Rony Touma
Title :
Unstaggered Central schemes for Ideal and Shallow Water Magnetohydrodynamics
Abstract :
We propose one and two-dimensional unstaggered central finite volume methods for
solving hyperbolic systems of conservation laws. Based on Nessyahu and Tadmor's onedimensional central scheme, we construct a new class of unstaggered, second-order, nonoscillatory, central finite volume schemes. In contrast with the original (NT) central scheme
that evolves the numerical solution on an original grid (at even time steps) and a dual
staggered grid (at odd time steps), the proposed unstaggered central scheme (UCS) evolves
the numerical solution on a single grid and uses a "ghost" staggered grid to avoid the time
consuming resolution of the Riemann problems arising at the cell interfaces.
We apply the UCS method and solve some classical Ideal and shallow water
magnetohydrodynamic problems. To satisfy the solenoidal property of the magnetic
field/flux in the numerical solution, we use Evans and Hawley's constrained transport (CT)
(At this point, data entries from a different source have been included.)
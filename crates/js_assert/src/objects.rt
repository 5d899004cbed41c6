//! The assertions on objects (JSON Schema Validation, section 6.5). A value of another type passes.
#![tactic(auto, using(crate::proofs::ListedValues::object_rules))]

ghost use Rattle.std.specs.Prelude.{◌≡◌, IfOk, IfErr, length, string_bytes};
ghost use Rattle.std.specs.List.{list_all};
ghost use Rattle.js_doc.specs.Seen.{value_of};
ghost use Rattle.js_doc.specs.Members.{has_name};
ghost use Rattle.js_doc.specs.Parts.{members_of};
ghost use Rattle.js_assert.specs.Argument.{implies, on_object};
ghost use Rattle.js_assert.specs.Dependences.{dependences_value};
ghost use Rattle.js_assert.specs.Objects.{has_each, object_argument, object_keyword, object_says, object_text};
ghost use Rattle.js_assert.specs.Seen.{IsTestOf};
ghost use Rattle.js_assert.specs.Shape.{IsFaultOf};

use crate::argument_shape::{count, dependences, name_list};
use crate::assertion::Test;
use crate::fault::KeywordFault;
use crate::missing::{missing_of, missing_of_all};
use crate::text_parts::{at_least, at_most};
use js_doc::{Doc, Members, Memory, Text};
use js_keyword::{AssertionKeyword, ObjectKeyword};
use std::alloc::Global;

/// A member's name, and the names that must be there if it is.
#[derive(Drop)]
pub(crate) struct Dependence {
    pub(crate) name: Text,
    pub(crate) needs: Vec<Text>,
}

/// What a keyword tests, with its argument read.
#[derive(Drop)]
pub(crate) enum ObjectTest {
    MaxProperties(u64),
    MinProperties(u64),
    Required(Vec<Text>),
    DependentRequired(Vec<Dependence>),
}

impl ObjectTest {
    pub(crate) fn read(
        alloc: Global,
        keyword: ObjectKeyword,
        argument: &Doc,
    ) -> Result<ObjectTest, KeywordFault>
        ensures ok { IfOk result
            (λ t. IsTestOf (AssertionKeyword.Object keyword) (value_of argument.now) (Test.Object t)) }
        ensures refused { IfErr result (IsFaultOf (AssertionKeyword.Object keyword) (value_of argument.now)) }
    {
        match keyword {
            ObjectKeyword::MaxProperties => Ok(ObjectTest::MaxProperties(count(argument)?)),
            ObjectKeyword::MinProperties => Ok(ObjectTest::MinProperties(count(argument)?)),
            ObjectKeyword::Required => Ok(ObjectTest::Required(name_list(alloc, argument)?)),
            ObjectKeyword::DependentRequired => {
                Ok(ObjectTest::DependentRequired(dependences(alloc, argument)?))
            }
        }
    }

    pub(crate) fn keyword(&self) -> ObjectKeyword
        ensures { result ≡ object_keyword self.now }
    {
        match self {
            ObjectTest::MaxProperties(_) => ObjectKeyword::MaxProperties,
            ObjectTest::MinProperties(_) => ObjectKeyword::MinProperties,
            ObjectTest::Required(_) => ObjectKeyword::Required,
            ObjectTest::DependentRequired(_) => ObjectKeyword::DependentRequired,
        }
    }

    /// Whether the value meets the test.
    pub(crate) fn holds(&self, value: &Doc) -> bool
        ensures { result
            ≡ on_object (value_of value.now) (object_says (object_argument self.now) (object_keyword self.now)) }
    {
        match value {
            Doc::Members(members) => self.is_met_by(members),
            _ => true,
        }
    }

    fn is_met_by(&self, members: &Members) -> bool
        ensures { result ≡ object_says (object_argument self.now) (object_keyword self.now) members.now }
    {
        match self {
            ObjectTest::MaxProperties(limit) => members.len() as u64 <= *limit,
            ObjectTest::MinProperties(limit) => *limit <= members.len() as u64,
            ObjectTest::Required(names) => has_all(members, names.as_slice()),
            ObjectTest::DependentRequired(dependences) => {
                dependent_required(members, dependences.as_slice())
            }
        }
    }

    /// The text of the error for a value that doesn't meet the test.
    pub(crate) fn error_text(&self, alloc: Global, value: &Doc) -> Result<String, Memory>
        ensures { IfOk result (λ s. string_bytes s
            ≡ object_text (object_argument self.now) (value_of value.now) (object_keyword self.now)) }
    {
        match self {
            ObjectTest::MaxProperties(limit) => {
                at_most(alloc, member_count(value), " members", *limit)
            }
            ObjectTest::MinProperties(limit) => {
                at_least(alloc, member_count(value), " members", *limit)
            }
            ObjectTest::Required(names) => missing_of(alloc, names.as_slice(), value),
            ObjectTest::DependentRequired(dependences) => {
                missing_of_all(alloc, dependences.as_slice(), value)
            }
        }
    }
}

fn dependent_required(members: &Members, dependences: &[Dependence]) -> bool
    ensures { result
        ≡ object_says (dependences_value dependences.now) ObjectKeyword.DependentRequired members.now }
{
    meets_all(members, dependences)
}

fn meets_all(members: &Members, dependences: &[Dependence]) -> bool
    ensures { result
        ≡ list_all (λ d. implies (has_name d.name members.now) (has_each d.needs.items members.now)) dependences.now }
{
    dependences
        .iter()
        .all(|dependence| is_met(members, dependence))
}

fn is_met(members: &Members, dependence: &Dependence) -> bool
    ensures { result
        ≡ implies (has_name dependence.now.name members.now) (has_each dependence.now.needs.items members.now) }
{
    !has_member(members, &dependence.name) || has_all(members, dependence.needs.as_slice())
}

fn has_all(members: &Members, names: &[Text]) -> bool
    ensures { result ≡ has_each names.now members.now }
{
    names.iter().all(|name| has_member(members, name))
}

fn has_member(members: &Members, name: &Text) -> bool
    ensures { result ≡ has_name name.now members.now }
{
    members.get(name.as_str()).is_some()
}

/// Whether the value is an object with a member of this name.
pub(crate) fn is_member(value: &Doc, name: &Text) -> bool
    ensures { result ≡ has_name name.now (members_of (value_of value.now)) }
{
    match value {
        Doc::Members(members) => has_member(members, name),
        _ => false,
    }
}

// How many members the value has, if it is an object.
fn member_count(value: &Doc) -> u64
    ensures { result ≡ length (members_of (value_of value.now)) }
{
    match value {
        Doc::Members(members) => members.len() as u64,
        _ => 0,
    }
}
method. The CT method applies easily with the UCS method; it deals directly with the
computed numerical solution, and preserves the second-order accuracy of the base
scheme. Even without the application of the CT procedure, the numerical base scheme does
not break down, and may even in some cases deliver reasonable results. However, to
ensure an admissible physical solution the CT treatment must be applied. The numerical
results show the efficiency and the potential of the proposed method and compare very
well with their corresponding ones appearing in the recent literature.
References :
C. R. Evans and J. F. Hawley, Simulation of magnetohydrodynamic flows: A constrained
transport method, Astrophys. J., 332, 659, 1988.
H.Nessyahu and E.Tadmor, Non-oscillatory central differencing for hyperbolic conservation
laws, J. Comp. Phys., 87, No. 2, pp. 408-463, 1990.
G.Jiang and E.Tadmor, Non- oscillatory central schemes for multidimensional hyperbolic
conservation laws, SIAM J. on Sc. Comp., 19, pp. 1892-1917, 1998.
P.Gilman Magnetohydrodynamic “Shallow Water” Equations for the Solar Tacholine, Astro.
J., 544, L79–L82, 2000.
R.Touma and P.Arminjon, Central finite volume schemes with constrained transport
divergence treatment for three-dimensional ideal MHD, J. Comp. Phys., 212, 617-636, 2006.